The client was justifiably upset with us. After a long and protracted series of difficult discussions, we ended up having to refund $40,000 of the client’s money, in the hopes of keeping them. They left anyway. This wiped out 2 whole months of fees, but we still had to find a way to cover salaries. It was just blind luck that we could pay the cash without letting anyone go. The real wake up call was when I realized how lucky we were this only happened once: there was nothing to stop this happening all the time! Without better safeguarding systems in place, better processes that explicitly defined daily checks, and alternative attribution methods running to keep Google honest, we were at risk. All of these were in place within a month.
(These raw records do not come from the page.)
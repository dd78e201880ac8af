ghost use Rattle.std.specs.Prelude.{◌≡◌, ◌⊎◌};
ghost use Rattle.kid_top.specs.Stops.{status_of, Complains, ComplainsFront};
ghost use Rattle.kid_top.specs.Said.{HasNotRisen};

use crate::stop::Stop;
use kid_outer::{PutAnswer, Sink};
use std::alloc::Global;

/// Says why a call did not do its work, and answers the status. A failure of err is ignored; a front of the line may then have
/// been put.
pub fn complain<E: Sink>(alloc: Global, err: &mut E, stop: Stop) -> u8
    ensures status { (result ≡ status_of stop) ⊎ (result ≡ 1) }
    ensures said { HasNotRisen (E.faults err.old) (E.faults err.new) → Complains stop result (E.written err.old) (E.written err.new) }
    ensures front { ComplainsFront stop result (E.written err.old) (E.written err.new) }
{
    let Ok(text) = stop.text(alloc) else {
        return Stop::Memory.status();
    };
    match err.put(alloc, text.as_bytes()) {
        Ok(()) | Err(PutAnswer::Failed) => stop.status(),
        Err(PutAnswer::Memory) => Stop::Memory.status(),
    }
}
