// The check of a line, exported to programs in C: a crate of its own, since it is linked as a static library.
#![tactic(auto)]

ghost use Rattle.std.specs.Prelude.{◌≡◌, is_ok, ◌==◌};
ghost use Rattle.line.specs.CallLines.{call_form};
ghost use Rattle.line.specs.Verdicts.{line_call, check_code, Read};

// 0 for a call, and else the refusal's number times 10,000 and its place: one number, since programs in C call it.
#[unsafe(no_mangle)]
pub extern "C" fn line_check(line: &[u8]) -> u32
    ensures value { result ≡ check_code (line_call line.now) }
    ensures read { Read call_form line.now (line_call line.now) }
    ensures accepts { (result == 0) ≡ is_ok (line_call line.now) }
{
    line::line_check(line)
}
Nothing motivates you like an existential threat and $40k down the drain!

Conclusion

Hopefully now you’ve seen that the importance of good attribution can be an expensive lesson to learn. I hope you take this post to heart and never have to learn it the hard way like we did. This isn’t a post bashing Google’s modeling ability – I’ve used Data-Driven Attribution to good effect since the incident – but even a company with the resources of Google can’t build an attribution model that’s 100% reliable. The harsh truth you need to hear is that no single attribution method can be trusted. They all have their strengths and weaknesses, and they’re all flawed in their own way. The key is knowing what attribution methods are available, and combining them to triangulate what true performance is.